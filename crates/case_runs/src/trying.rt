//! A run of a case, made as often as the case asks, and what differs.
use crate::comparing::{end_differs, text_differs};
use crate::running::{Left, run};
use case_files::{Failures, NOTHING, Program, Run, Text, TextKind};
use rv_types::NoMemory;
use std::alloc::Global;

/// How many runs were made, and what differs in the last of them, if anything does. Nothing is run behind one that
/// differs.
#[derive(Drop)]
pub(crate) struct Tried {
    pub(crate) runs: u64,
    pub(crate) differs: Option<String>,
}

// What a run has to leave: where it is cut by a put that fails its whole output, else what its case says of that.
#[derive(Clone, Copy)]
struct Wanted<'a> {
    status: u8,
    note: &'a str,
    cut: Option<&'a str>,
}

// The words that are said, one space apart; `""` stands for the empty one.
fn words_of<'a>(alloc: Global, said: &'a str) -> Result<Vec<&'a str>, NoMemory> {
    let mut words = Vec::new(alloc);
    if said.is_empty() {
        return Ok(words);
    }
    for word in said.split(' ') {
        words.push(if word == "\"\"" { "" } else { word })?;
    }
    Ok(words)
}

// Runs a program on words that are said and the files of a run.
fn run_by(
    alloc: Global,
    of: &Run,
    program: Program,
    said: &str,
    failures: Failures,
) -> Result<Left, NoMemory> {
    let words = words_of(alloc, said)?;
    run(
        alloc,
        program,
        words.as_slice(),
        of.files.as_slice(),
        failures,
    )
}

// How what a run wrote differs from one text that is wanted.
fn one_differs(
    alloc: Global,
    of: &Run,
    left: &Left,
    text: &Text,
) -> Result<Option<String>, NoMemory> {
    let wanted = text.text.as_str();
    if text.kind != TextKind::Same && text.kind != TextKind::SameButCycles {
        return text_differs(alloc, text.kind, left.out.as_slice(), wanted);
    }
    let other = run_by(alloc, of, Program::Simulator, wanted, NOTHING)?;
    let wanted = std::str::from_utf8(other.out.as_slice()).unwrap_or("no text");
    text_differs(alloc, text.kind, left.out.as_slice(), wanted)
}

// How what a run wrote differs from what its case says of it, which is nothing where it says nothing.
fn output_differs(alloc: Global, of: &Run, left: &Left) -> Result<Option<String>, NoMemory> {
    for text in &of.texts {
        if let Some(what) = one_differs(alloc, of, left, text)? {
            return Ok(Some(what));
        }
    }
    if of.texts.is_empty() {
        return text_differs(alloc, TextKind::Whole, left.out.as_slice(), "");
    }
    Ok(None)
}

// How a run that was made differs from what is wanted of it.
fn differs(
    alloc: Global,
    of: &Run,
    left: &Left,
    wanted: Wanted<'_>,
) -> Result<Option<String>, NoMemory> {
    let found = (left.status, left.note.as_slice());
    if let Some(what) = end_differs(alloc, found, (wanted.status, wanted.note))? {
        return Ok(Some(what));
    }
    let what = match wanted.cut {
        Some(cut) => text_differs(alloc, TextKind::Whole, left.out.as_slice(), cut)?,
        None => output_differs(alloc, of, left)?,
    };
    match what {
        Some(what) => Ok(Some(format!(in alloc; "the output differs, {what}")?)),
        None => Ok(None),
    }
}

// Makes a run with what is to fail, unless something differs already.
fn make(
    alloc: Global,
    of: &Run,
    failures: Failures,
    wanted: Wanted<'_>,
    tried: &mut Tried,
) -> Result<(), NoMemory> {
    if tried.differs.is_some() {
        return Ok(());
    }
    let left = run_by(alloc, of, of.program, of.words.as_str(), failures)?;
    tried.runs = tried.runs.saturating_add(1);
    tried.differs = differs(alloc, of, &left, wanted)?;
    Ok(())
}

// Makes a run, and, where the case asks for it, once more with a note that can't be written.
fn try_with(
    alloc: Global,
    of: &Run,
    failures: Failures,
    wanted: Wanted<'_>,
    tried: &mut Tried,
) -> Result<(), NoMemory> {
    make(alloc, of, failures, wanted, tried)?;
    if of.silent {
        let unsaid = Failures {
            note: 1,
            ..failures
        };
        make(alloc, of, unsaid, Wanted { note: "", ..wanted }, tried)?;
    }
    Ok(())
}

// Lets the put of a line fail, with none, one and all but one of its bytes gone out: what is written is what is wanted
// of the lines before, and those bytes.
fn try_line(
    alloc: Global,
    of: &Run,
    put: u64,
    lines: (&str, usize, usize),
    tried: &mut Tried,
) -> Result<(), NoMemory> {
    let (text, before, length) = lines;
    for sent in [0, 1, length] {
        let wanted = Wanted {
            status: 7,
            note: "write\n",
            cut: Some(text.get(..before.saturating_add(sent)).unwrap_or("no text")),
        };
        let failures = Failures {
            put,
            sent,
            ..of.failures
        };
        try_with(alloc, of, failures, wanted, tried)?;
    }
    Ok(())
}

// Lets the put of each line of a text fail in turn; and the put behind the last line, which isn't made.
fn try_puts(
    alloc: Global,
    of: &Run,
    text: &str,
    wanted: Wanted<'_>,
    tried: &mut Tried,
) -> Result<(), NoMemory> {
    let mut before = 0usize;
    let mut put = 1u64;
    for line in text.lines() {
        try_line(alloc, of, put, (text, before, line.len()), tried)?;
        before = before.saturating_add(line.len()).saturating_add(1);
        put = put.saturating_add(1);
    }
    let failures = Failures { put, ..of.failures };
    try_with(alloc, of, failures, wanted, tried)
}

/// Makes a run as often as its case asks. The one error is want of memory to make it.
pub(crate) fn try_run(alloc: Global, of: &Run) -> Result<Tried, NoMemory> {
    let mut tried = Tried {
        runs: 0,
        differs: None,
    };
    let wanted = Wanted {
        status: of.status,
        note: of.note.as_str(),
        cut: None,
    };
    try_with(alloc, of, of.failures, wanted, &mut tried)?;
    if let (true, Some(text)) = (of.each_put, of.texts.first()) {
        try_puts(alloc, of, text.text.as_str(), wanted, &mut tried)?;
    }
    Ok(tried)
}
...
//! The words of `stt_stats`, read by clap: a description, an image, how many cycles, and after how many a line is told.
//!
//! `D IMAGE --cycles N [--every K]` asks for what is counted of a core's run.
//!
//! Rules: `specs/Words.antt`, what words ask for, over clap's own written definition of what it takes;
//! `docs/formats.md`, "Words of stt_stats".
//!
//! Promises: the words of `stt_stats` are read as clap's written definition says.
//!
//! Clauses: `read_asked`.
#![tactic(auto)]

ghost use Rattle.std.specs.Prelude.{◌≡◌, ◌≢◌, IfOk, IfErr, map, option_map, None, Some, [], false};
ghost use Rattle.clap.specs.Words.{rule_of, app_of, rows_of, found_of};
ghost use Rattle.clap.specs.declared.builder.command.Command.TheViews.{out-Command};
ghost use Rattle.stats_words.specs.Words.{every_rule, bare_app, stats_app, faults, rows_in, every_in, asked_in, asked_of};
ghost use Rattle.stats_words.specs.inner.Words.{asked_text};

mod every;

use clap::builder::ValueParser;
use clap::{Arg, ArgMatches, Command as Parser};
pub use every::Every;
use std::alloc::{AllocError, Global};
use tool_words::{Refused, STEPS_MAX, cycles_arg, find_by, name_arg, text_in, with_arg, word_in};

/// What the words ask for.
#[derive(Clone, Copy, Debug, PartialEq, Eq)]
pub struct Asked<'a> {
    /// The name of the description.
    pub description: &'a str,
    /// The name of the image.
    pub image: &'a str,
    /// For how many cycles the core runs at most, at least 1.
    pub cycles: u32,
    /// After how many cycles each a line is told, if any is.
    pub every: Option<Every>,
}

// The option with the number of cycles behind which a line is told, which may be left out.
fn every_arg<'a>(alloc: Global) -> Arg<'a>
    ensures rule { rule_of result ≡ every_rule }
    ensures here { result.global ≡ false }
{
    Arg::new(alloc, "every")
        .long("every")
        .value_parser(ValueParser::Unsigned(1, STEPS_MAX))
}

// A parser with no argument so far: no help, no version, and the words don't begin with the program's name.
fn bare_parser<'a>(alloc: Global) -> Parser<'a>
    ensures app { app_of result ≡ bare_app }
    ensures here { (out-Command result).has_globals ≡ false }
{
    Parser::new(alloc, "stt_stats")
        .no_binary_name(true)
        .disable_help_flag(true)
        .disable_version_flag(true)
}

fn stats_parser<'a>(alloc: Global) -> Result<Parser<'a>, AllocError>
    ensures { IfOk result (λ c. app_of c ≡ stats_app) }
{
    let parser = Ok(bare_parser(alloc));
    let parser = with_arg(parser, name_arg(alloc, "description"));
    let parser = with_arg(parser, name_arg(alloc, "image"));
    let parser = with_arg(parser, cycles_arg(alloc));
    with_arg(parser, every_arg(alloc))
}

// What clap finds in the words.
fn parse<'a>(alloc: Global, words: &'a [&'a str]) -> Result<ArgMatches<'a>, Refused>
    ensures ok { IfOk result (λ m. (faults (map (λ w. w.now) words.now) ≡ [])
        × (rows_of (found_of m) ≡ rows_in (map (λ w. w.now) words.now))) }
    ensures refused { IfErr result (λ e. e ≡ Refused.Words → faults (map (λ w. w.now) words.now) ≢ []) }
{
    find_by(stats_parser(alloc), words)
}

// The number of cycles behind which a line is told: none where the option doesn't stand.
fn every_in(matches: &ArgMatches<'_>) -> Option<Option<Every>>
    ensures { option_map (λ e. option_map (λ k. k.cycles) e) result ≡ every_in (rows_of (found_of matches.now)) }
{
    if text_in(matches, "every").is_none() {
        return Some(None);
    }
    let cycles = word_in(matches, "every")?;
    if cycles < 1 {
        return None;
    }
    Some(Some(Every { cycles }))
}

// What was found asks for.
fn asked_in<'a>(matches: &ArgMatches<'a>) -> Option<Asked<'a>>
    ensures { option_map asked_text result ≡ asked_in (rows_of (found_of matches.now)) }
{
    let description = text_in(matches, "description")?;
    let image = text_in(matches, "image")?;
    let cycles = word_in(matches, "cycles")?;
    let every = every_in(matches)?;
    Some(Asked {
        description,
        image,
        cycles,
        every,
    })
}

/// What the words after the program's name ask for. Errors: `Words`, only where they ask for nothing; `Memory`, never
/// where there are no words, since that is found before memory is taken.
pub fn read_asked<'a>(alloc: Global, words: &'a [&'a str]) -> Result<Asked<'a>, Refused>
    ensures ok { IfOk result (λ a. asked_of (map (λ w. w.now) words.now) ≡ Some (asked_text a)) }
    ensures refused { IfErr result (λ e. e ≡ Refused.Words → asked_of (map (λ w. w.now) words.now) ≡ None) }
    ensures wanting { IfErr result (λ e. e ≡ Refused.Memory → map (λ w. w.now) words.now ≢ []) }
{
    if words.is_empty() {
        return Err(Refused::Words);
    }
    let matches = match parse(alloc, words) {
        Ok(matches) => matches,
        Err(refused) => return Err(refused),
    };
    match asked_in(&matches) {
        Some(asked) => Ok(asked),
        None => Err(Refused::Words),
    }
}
==
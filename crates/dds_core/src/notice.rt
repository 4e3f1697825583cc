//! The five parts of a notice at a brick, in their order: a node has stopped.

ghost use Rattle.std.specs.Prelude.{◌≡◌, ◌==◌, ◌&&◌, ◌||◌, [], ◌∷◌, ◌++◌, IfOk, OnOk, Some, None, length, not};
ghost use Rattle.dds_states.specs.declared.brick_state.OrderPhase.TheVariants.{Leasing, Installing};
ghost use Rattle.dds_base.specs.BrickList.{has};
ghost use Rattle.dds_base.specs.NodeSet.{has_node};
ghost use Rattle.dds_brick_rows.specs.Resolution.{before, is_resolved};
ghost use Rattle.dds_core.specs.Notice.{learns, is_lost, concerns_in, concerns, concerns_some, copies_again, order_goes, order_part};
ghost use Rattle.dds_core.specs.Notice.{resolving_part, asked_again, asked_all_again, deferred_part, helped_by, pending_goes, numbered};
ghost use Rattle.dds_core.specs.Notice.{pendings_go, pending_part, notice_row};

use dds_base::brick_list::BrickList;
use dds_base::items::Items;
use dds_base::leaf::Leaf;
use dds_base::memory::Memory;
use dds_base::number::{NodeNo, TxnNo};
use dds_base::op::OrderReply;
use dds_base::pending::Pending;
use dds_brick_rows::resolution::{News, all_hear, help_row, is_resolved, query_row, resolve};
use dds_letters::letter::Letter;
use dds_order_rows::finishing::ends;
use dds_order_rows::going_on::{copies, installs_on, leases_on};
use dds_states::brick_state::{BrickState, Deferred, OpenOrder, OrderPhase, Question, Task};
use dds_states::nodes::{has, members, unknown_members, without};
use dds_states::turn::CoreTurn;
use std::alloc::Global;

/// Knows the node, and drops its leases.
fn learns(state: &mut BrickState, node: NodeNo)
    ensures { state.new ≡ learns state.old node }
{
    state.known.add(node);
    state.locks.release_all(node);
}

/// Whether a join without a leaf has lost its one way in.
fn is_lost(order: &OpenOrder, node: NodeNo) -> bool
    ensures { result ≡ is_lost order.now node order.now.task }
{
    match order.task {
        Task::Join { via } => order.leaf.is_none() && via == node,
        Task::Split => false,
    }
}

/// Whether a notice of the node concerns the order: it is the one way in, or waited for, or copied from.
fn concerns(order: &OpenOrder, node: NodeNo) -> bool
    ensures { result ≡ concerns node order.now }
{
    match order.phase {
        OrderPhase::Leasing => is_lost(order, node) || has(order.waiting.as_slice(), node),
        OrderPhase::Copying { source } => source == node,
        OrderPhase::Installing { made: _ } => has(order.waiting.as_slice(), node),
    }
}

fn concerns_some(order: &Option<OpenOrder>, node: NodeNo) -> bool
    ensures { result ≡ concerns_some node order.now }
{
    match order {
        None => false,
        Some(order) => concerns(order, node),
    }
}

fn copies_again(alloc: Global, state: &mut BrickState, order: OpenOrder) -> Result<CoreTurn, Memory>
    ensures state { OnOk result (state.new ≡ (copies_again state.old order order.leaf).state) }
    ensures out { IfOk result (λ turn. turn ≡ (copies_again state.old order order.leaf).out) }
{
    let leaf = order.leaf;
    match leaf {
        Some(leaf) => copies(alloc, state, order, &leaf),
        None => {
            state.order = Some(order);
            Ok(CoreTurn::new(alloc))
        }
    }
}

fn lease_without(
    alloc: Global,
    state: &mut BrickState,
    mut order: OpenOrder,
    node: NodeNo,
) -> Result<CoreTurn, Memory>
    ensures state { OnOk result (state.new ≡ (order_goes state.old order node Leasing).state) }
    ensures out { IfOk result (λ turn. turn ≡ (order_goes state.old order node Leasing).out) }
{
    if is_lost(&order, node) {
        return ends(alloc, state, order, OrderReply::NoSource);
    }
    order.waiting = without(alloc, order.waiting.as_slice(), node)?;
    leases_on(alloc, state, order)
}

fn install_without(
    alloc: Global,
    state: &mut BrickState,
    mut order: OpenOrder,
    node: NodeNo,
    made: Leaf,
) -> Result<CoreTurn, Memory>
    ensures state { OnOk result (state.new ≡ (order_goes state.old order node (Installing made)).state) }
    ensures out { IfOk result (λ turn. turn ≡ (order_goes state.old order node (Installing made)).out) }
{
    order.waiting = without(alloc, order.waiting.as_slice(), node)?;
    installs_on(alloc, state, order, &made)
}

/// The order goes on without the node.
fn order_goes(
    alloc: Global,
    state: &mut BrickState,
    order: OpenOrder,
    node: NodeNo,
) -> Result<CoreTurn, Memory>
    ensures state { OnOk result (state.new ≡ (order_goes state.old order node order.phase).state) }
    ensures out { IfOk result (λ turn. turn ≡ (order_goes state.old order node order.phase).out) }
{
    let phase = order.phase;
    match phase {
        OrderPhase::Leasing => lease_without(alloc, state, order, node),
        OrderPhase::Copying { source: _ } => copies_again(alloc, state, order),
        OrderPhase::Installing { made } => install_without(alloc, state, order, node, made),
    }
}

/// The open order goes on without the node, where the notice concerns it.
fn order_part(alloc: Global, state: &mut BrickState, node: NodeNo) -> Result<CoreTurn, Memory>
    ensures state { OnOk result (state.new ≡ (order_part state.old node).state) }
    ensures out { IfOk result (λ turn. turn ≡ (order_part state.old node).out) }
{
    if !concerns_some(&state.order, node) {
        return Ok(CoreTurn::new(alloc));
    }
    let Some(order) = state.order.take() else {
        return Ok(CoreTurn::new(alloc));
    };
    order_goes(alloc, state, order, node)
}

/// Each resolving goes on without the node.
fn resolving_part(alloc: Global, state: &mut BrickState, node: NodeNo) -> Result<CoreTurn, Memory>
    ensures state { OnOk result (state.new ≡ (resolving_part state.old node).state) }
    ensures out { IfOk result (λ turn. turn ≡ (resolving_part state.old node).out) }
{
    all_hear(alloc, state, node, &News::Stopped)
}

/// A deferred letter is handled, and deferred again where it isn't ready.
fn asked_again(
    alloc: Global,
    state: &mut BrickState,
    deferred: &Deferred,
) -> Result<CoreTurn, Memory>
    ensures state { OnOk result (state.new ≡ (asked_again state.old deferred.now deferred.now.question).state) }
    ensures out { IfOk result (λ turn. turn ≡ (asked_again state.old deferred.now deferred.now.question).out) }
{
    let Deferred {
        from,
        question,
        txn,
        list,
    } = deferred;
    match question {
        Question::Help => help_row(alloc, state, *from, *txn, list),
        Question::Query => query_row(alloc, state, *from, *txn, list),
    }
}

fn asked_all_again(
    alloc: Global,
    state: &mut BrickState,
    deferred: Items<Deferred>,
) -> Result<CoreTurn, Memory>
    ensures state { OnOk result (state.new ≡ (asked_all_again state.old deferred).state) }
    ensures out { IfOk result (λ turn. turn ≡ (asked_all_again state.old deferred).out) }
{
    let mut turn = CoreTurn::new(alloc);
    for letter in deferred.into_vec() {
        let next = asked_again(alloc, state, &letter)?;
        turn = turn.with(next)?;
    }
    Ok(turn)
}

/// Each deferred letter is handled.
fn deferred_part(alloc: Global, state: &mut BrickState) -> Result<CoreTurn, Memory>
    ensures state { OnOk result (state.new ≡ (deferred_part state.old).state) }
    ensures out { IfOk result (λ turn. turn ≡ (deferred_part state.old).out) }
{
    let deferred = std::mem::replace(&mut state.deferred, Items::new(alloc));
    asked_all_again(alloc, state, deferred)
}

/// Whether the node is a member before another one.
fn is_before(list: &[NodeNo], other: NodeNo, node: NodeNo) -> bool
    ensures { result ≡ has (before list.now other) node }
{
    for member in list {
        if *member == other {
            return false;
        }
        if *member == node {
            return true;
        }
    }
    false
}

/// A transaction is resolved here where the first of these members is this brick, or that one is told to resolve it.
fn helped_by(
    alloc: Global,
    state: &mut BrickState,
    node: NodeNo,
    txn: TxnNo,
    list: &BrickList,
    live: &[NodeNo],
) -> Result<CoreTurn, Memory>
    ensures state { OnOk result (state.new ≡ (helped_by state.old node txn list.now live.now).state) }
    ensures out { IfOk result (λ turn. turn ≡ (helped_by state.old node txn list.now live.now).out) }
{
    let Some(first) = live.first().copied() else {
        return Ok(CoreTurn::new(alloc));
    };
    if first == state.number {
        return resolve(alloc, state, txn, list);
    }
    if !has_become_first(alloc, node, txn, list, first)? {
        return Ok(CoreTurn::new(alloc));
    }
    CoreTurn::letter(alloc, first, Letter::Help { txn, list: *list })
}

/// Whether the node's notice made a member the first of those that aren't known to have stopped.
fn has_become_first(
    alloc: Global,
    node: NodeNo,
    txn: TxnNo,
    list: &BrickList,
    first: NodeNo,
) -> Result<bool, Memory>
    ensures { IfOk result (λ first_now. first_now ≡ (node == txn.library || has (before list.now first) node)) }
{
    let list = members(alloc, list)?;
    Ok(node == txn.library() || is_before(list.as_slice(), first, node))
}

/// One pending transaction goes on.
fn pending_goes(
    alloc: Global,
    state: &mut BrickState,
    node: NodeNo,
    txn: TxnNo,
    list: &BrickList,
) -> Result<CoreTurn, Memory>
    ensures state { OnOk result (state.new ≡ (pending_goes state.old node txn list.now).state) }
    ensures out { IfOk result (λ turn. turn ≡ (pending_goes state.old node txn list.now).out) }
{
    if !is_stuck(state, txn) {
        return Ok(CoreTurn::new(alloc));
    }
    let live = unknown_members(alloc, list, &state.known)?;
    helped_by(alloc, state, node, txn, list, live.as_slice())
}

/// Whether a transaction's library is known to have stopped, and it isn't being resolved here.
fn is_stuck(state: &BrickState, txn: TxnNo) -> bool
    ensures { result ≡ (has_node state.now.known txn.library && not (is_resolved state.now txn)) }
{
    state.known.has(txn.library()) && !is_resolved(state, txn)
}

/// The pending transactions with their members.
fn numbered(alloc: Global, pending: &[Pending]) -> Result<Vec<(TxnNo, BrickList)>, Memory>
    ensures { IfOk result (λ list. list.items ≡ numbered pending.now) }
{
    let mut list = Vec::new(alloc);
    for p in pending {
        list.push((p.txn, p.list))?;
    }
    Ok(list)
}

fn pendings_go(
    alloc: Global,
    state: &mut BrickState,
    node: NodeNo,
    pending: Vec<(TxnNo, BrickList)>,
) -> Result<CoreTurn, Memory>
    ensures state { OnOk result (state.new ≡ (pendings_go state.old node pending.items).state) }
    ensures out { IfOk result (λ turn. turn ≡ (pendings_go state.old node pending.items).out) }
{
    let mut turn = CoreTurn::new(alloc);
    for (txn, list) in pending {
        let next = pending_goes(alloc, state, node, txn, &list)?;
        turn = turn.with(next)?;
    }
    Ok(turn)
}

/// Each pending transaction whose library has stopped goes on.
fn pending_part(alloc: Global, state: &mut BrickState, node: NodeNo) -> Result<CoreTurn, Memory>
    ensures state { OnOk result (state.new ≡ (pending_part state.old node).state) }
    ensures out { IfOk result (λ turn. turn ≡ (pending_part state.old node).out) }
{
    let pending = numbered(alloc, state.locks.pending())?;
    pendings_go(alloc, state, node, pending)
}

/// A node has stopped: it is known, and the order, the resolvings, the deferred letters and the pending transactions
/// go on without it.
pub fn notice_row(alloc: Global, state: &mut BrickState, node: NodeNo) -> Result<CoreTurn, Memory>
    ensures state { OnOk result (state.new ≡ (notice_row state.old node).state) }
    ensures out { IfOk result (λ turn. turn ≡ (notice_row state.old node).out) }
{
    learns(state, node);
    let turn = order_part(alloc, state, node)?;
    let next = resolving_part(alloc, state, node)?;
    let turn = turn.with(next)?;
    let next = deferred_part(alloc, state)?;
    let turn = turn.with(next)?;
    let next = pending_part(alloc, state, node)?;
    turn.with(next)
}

• **WHAT TO WORK ON**:
Using the records above, write out exactly the lines between the one holding "let deferred = std::mem::replace(&mut" and the one holding "if *member == node", inclusive; leave everything else out.

• **THE COMPLETED TASK**:
    let deferred = std::mem::replace(&mut state.deferred, Items::new(alloc));
    asked_all_again(alloc, state, deferred)
}

/// Whether the node is a member before another one.
fn is_before(list: &[NodeNo], other: NodeNo, node: NodeNo) -> bool
    ensures { result ≡ has (before list.now other) node }
{
    for member in list {
        if *member == other {
            return false;
        }
        if *member == node {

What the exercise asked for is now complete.